The biggest thing I dislike about my current implementation is that I'm storing the offsets and size of each type within a TypeMetadata struct, managed inside of a std::unordered_map<std::type_index, TypeMetadata>, which needs to be queried every time a component is requested. I entertained using a std::map instead, but profiling showed std::unordered_map to be a clear winner in this case. Ideally I can get rid of the lookup altogether, but I would end up with some crazy usage of compile-time templates to accomplish that - it would be templates all the way down!

Querying for Components

Implementing such a complex component storage strategy doesn't really buy us anything if we have no way to discover entities that contain specific components. The whole point of an archetype-based ECS implementation is to iterate over a subset of the total number of entities, selected based on relevance to the system that requires them.

Somewhat counterintuitively, the time complexity for updating entities using our archetype-based approach (O(A * N), where A is the number of archetypes and N is the number of entities) is actually worse than the time complexity of just iterating over all of the entities blindly (simply O(N)). The reason is simple: time complexity is a measure of the worst case. The worst case for the archetype-based approach is when the subset of entities being selected is actually the set of all entities. In this case, we would first have to traverse the archetype graph (whose breadth and depth are based on the number of possible components and the order in which they were added to the entities) to find which entities are relevant to the query (in this case, all of them). In both algorithms, we would still end up iterating over all entities, but the archetype-based solution would have the added overhead of traversing the archetype graph.

Time complexities are a fantastic tool to quickly identify and compare performance characteristics of algorithms, but they rarely convey the nuances of CPU cache optimizations. As an example, accessing an array at a specific index is an O(1) operation. It is easy to determine where in-memory that particular index lives as long as you know where the beginning of the array is (and how big each element is). Similarly, accessing an element from a hash table is also an O(1) operation. You simply figure out where in-memory the element is located based on the result of a hashing function of a known key. However, if we were to access an element in the array at index 5, and then immediately access another element at index 6, then we would expect the new element to already be in the current CPU cache line, so the sheer amount of time to access that element from the perspective of our code would be very fast. In a hash table, we could do the same exercise using keys "5" and "6", but there is no guarantee that the elements are anywhere near each other in-memory, reducing the likelihood of the elements existing withing the same cache line, thus requiring additional memory load operations. Furthermore, we also have to perform the actual hashing algorithm of the keys - even cheap hashing algorithms represent an overhead that does not exist in direct array accesses. The number of steps in both of these examples does not change based on the number of elements within the data structure, which makes them both O(1) (that's the best possible time complexity!). However, having a better understanding of the algorithms, as well as the hardware they are running on, makes it clear that one is preferable over the other.

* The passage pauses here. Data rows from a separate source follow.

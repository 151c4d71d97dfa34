//! The words of a command's line.

/// What a word of a line is.
#[derive(Clone, Copy)]
pub enum Kind {
    /// A slot that has to hold an open list.
    Open,
    /// A slot that has to hold a frozen list.
    Frozen,
    /// A slot that has to hold a list.
    Held,
    /// A slot that has to be empty.
    Vacant,
    /// A slot that has to hold a frozen list, or `-`.
    Validity,
    /// A number in decimal.
    Number,
    /// `0` or `1`.
    Truth,
    /// `ref` or `own`.
    Mode,
    /// Bytes in pairs of digits, or `-`.
    Hex,
    /// Numbers separated by commas, or `-`.
    Numbers,
    /// Numbers separated by commas, each with or without a `-` before it, or `-`.
    Indexes,
}

/// What becomes of the list of a line.
#[derive(Clone, Copy)]
pub enum Then {
    /// It is stored as an open list.
    Opens,
    /// It is stored as a frozen list.
    Freezes,
    /// It is stored as open or frozen, like the list of the first slot.
    Keeps,
    /// It is gone.
    Empties,
    /// It stays, and the command returns something about it.
    Answers,
}

/// Whether a command can run out of memory.
#[derive(Clone, Copy)]
pub enum Memory {
    /// It can.
    Asks,
    /// It can't.
    Never,
}

/// The name of a command, its other words, what becomes of its list, and whether it can run out of
/// memory.
#[derive(Clone, Copy)]
pub struct Form(pub &'static str, pub &'static [Kind], pub Then, pub Memory);
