//! Losses of one client: what is drained, what a report tells, and how the words end.
use crate::workshop::{Held, Notebook, capture_event, network_errors, options};
use sentry_base::protocol::{ClientKey, Envelope, Refusal};
use sentry_lock::CoreLock;
use sentry_options::ClientOptions;
use std::alloc::Global;
use std::sync::Arc;
use std::test::Fail;

/// What comes of a loss while the recorder is held: whether the words are closed, how many errors are pending, how many
/// are drained then, and how many are pending after that.
fn lose_while_held<L: CoreLock>(held: &mut Held<L>) -> Result<(bool, [u64; 3]), Refusal> {
    let is_closed = held.close_losses()?;
    held.lose_error();
    let before = held.pending()?;
    let errors = match held.drain()? {
        Some(losses) => losses.quantities[6],
        None => 0,
    };
    Ok((is_closed, [before, errors, held.pending()?]))
}

/// What comes of one more when the recorder is let go: whether the words are closed then, and how many errors are
/// pending; and both once more.
fn lose_and_let_go<L: CoreLock>(held: &mut Held<L>) -> Result<[(bool, u64); 2], Refusal> {
    held.lose_error();
    held.recorder = None;
    let first = (held.close_losses()?, held.pending()?);
    Ok([first, (held.close_losses()?, held.pending()?)])
}

/// Splits a part off the recorder, which alone is held then.
fn hold_part<L: CoreLock>(held: &mut Held<L>) -> Result<(), Refusal> {
    let Some(recorder) = held.recorder.take() else {
        return Ok(());
    };
    match recorder.split() {
        Ok((_, part)) => {
            held.recorder = Some(part);
            Ok(())
        }
        Err((refusal, _)) => Err(refusal),
    }
}

#[test]
fn words_stay_open_while_a_part_of_a_recorder_is_held(rt: HostRuntime) -> Result<(), Fail> {
    let alloc: Global = rt.alloc();
    let transport: Option<Arc<Notebook<HostRuntime>>> = None;
    let mut held = Held::new(rt, alloc, options(alloc, false)?, transport)?;
    hold_part(&mut held)?;
    let before = lose_while_held(&mut held)?;
    let after = lose_and_let_go(&mut held)?;
    assert!(rt; before == (false, [0, 1, 1]));
    // a second time nothing is left to end
    assert!(rt; after == [(true, 1), (true, 0)]);
    Ok(())
}

/// Why a capture is refused after a loss, and a flush of a client that isn't there after another one; and how many
/// errors are pending before them, after the first and after the second.
fn lose_before_refused_calls<L: CoreLock>(
    held: &mut Held<L>,
) -> Result<([Option<Refusal>; 2], [u64; 3]), Refusal> {
    held.lose_error();
    let before = held.pending()?;
    let starved = capture_event(&held.client, 1).err();
    let first = held.pending()?;
    held.lose_error();
    let gone = held.client.core().client(ClientKey { tag: 1, number: 9 })?;
    let stale = gone.flush(None).err();
    Ok(([starved, stale], [before, first, held.pending()?]))
}

#[test]
fn what_was_drained_stays_absorbed_if_the_call_is_refused(rt: HostRuntime) -> Result<(), Fail> {
    let alloc: Global = rt.alloc();
    let (mut held, notebook) = Held::noted(rt, alloc, options(alloc, true)?, true)?;
    let (refusals, errors) = lose_before_refused_calls(&mut held)?;
    assert!(rt; refusals == [Some(Refusal::OutOfMemory), Some(Refusal::Stale)]);
    assert!(rt; errors == [0, 1, 1]);
    assert!(rt; notebook.take(alloc).asked.is_empty());
    Ok(())
}

/// Drops a client, whose transport then loses an error. Answers what a flush of another client of the core does, after
/// an envelope of that one.
fn drop_and_lose<L: CoreLock>(
    held: &mut Held<L>,
    options: ClientOptions<L::Callbacks>,
    transport: L::Transport,
) -> Result<bool, Refusal> {
    let core = held.client.core();
    let empty = Envelope::new(core.allocator());
    let other = Held::on(core, options, Some(transport))?;
    held.client.drop_client()?;
    held.lose_error();
    other.client.send_envelope(empty)?;
    other.client.flush(None)
}

/// Why the calls on the losses of a client are refused.
fn refusals<L: CoreLock>(held: &Held<L>) -> [Option<Refusal>; 3] {
    let core = held.client.core();
    [
        core.drain_and_absorb(held.label).err(),
        core.take_report(held.label).err(),
        core.close_losses(held.label).err(),
    ]
}

#[test]
fn the_losses_of_a_dropped_client_reach_no_report(rt: HostRuntime) -> Result<(), Fail> {
    let alloc: Global = rt.alloc();
    let (mut held, notebook) = Held::noted(rt, alloc, options(alloc, false)?, true)?;
    let is_flushed = drop_and_lose(&mut held, options(alloc, false)?, notebook.clone()?)?;
    let told = notebook.take(alloc).told;
    assert!(rt; is_flushed && network_errors(&told) == 0);
    assert!(rt; refusals(&held) == [Some(Refusal::ForeignLosses); 3]);
    Ok(())
}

I'm not saying that time complexities are irrelevant - I'm not one to make absolute claims like that. Entry-level job interviews tend to make a big deal out of them because they are important for quickly judging relative performance, especially among high-level constructs. I use them often at work during technical discussions. The reality is that cache line efficiency just isn't a big concern when you can just throw money at the problem (just run bigger servers). However, when your code is running on a machine that you don't have control over, such as a user's web browser or phone, these types of optimizations become more important. Even still, web sites usually don't have to squeeze out every last drop of performance to function properly. Video games, on the other hand, must maintain high frame rates, and it is imperative to optimize the performance of these low level systems so that the actual gameplay code has more room to breathe.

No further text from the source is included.